History

Imperial Japanese Navy
- Name: Cha-249
- Builder: Fukushima Shipbuilding Co., Ltd., Matsue
- Laid down: 18 May 1944
- Launched: 8 September 1944
- Completed: 14 November 1944
- Commissioned: 14 November 1944
- Home port: Zhenhai
- Fate: transferred to Japan Maritime Safety Agency, 1 January 1948

History

Japan Maritime Safety Agency
- Name: MS-06
- Acquired: 1 January 1948
- Renamed: Kamozuru, 1 December 1951
- Home port: Nagaura
- Fate: transferred to Japan Maritime Self-Defense Force, 1 September 1954
- Notes: Call sign: JNEL; ;

History

Japan Maritime Self-Defense Force
- Name: Kamozuru
- Acquired: 1 September 1954
- Decommissioned: 31 March 1962
- Fate: unknown

General characteristics
- Class & type: No.1-class Submarine chaser
- Displacement: 130 long tons (132 t) standard
- Length: 29.20 m (95 ft 10 in) overall
- Beam: 5.65 m (18 ft 6 in)
- Draught: 1.97 m (6 ft 6 in)
- Propulsion: 1 × intermediate diesel; shingle shaft, 400 bhp;
- Speed: 11.0 knots (12.7 mph; 20.4 km/h)
- Range: 1,000 nmi (1,900 km) at 10.0 kn (11.5 mph; 18.5 km/h)
- Complement: 32
- Armament: 1 × 13.2mm machine gun; 22 × depth charges; 1 × dunking hydrophone; 1 × simple sonar;

= Japanese submarine chaser Cha-249 =

Cha-249 or No. 249 (Japanese: 第二百四十九號驅潜特務艇) was a No.1-class auxiliary submarine chaser of the Imperial Japanese Navy that served during World War II.

==History==
She was laid down on 18 May 1944 at the Matsue shipyard of Fukushima Shipbuilding Co., Ltd. (有限會社福島造船鐵工所) and launched on 8 September 1944. She was fitted with armaments at the Kure Naval Arsenal; completed and commissioned on 14 November 1944; and assigned to the Zhenhai Guard Force. On 15 June 1945, she was assigned to the Sasebo Guard Force. She survived the war. On 20 December 1945, she was demobilized and assigned to mine-sweeping duties.
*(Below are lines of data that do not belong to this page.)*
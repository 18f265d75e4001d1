//! Rings of variables, each with an arrow to the next one and an arrow to the variable before it.
//! Their runs are stopped at every limit and compared with the run that always pops the first
//! event.
ghost use Rattle.std.specs.Prelude.{◌≡◌, length};
ghost use Rattle.pop_model.specs.Stacks.{variables_of};
ghost use Rattle.pop_model.specs.Popping.{AreWithin};

use super::{looks_at, made, same_at};
use confluence_core::{End, run_first};
use pop_instance::{Family, Instance};
use run_cert::{Look, Part, look, run_part};
use std::alloc::Global;
use std::process::Abort;
use test_instances::{arrows, keyed, over};

// The two heads of each of this many variables in a ring: the next one, and the one before it.
// Variable 0 leads to the root.
fn heads(rt: &impl Abort, alloc: Global, count: u32) -> Vec<[Option<u32>; 2]> {
    let mut heads = Vec::new(alloc);
    for v in 0..count {
        let next = if v + 1 == count { 0 } else { v + 1 };
        heads
            .push([Some(next), v.checked_sub(1)])
            .expect(rt, "memory");
    }
    heads
}

// The cycles of a ring of this many variables.
fn cycles(rt: &impl Abort, alloc: Global, count: u32) -> Family {
    let heads = heads(rt, alloc, count);
    Family::Cycles(made(rt, arrows(alloc, &heads), "arrows"))
}

// Compares a run to a limit with the end of the run of first events. It must have as many records
// as the limit says, or as the end has pops if these are fewer. It must be open exactly if it has
// fewer records than the end has pops.
fn is_stopped(rt: &impl Abort, part: &Part, limit: u64, end: &End) {
    same_at(rt, part.log.len(), limit.min(end.pops), "limit", limit);
    let is_open = part.seen.look == Look::Open;
    assert!(rt; is_open == (limit < end.pops));
    let is_finished = part.seen.look == Look::Finished;
    let is_free = part.seen.stuck.len() == 0;
    assert!(rt; is_finished == is_free);
}

// Compares a run that was not stopped with the end of the run of first events.
fn is_end(rt: &impl Abort, count: u32, part: &Part, end: &End)
    requires part { count ≡ length part.now.cursors }
    requires end { count ≡ length end.now.cursors }
{
    for v in 0..count {
        let found = part.cursors.get(v) as u64;
        let want = end.cursors.get(v) as u64;
        same_at(rt, found, want, "variable", v as u64);
    }
    same_at(rt, part.seen.stuck.len(), end.stuck.len(), "end", end.pops);
}

// Compares the state at the cursors of a run to a limit once more.
fn looks_again(rt: &impl Abort, alloc: Global, instance: &Instance, part: &Part, limit: u64)
    requires count { variables_of instance.now.stacks ≡ length part.now.cursors }
    requires within { AreWithin instance.now.stacks part.now.cursors }
{
    let seen = look(alloc, instance, &part.cursors).expect(rt, "memory");
    looks_at(rt, seen.look, part.seen.look, limit);
    let stuck = part.seen.stuck.len();
    same_at(rt, seen.stuck.len(), stuck, "limit", limit);
}

// Stops the run of an instance at a limit, and compares it.
fn stop(rt: &impl Abort, alloc: Global, instance: &Instance, limit: u64, end: &End)
    requires count { variables_of instance.now.stacks ≡ length end.now.cursors }
{
    let part = run_part(alloc, instance, limit).expect(rt, "memory");
    is_stopped(rt, &part, limit, end);
    if limit >= end.pops {
        is_end(rt, instance.stacks().count(), &part, end);
    }
    looks_again(rt, alloc, instance, &part, limit);
}

// Stops the run of an instance at each limit, up to two more than its pops. Returns the number of
// pops.
fn stop_at_each(rt: &impl Abort, alloc: Global, instance: &Instance) -> u64 {
    let end = run_first(alloc, instance).expect(rt, "memory");
    assert!(rt; end.pops < 100000);
    for limit in 0..end.pops + 3 {
        stop(rt, alloc, instance, limit, &end);
    }
    end.pops
}

// The number of variables, the byte of the key, and the height.
static RINGS: [(u32, u8, u32); 8] = [
    (1, 0, 5),
    (2, 0, 5),
    (5, 3, 1),
    (5, 3, 9),
    (7, 5, 2),
    (9, 77, 900),
    (30, 200, 3),
    (30, 77, 900),
];

// Makes a ring of this many variables, over stacks of this height under a key that has this byte
// 32 times. Stops its run at each limit, and returns the number of pops.
fn stop_ring(rt: &impl Abort, alloc: Global, count: u32, key: u8, height: u32) -> u64 {
    let family = cycles(rt, alloc, count);
    let stacks = made(rt, keyed(key, count, height), "stacks");
    let ring = made(rt, over(stacks, family), "a ring");
    let pops = stop_at_each(rt, alloc, &ring);
    drop(ring);
    pops
}

#[test]
fn rings_stop_at_every_limit(rt: HostRuntime) {
    let mut most = 0;
    for (count, key, height) in RINGS.iter() {
        let pops = stop_ring(&rt, rt.alloc(), *count, *key, *height);
        most = most.max(pops);
    }
    assert!(&rt; most > 5);
}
On 1 January 1948, she was assigned to the Japan Maritime Safety Agency as a minesweeper and designated MS-06 on 1 May 1948. On 1 December 1951, she was renamed Kamozuru (かもづる) and served during the Korean War. On 1 September 1954, she was transferred to the newly created Japan Maritime Self-Defense Force. She was delisted on 31 March 1962.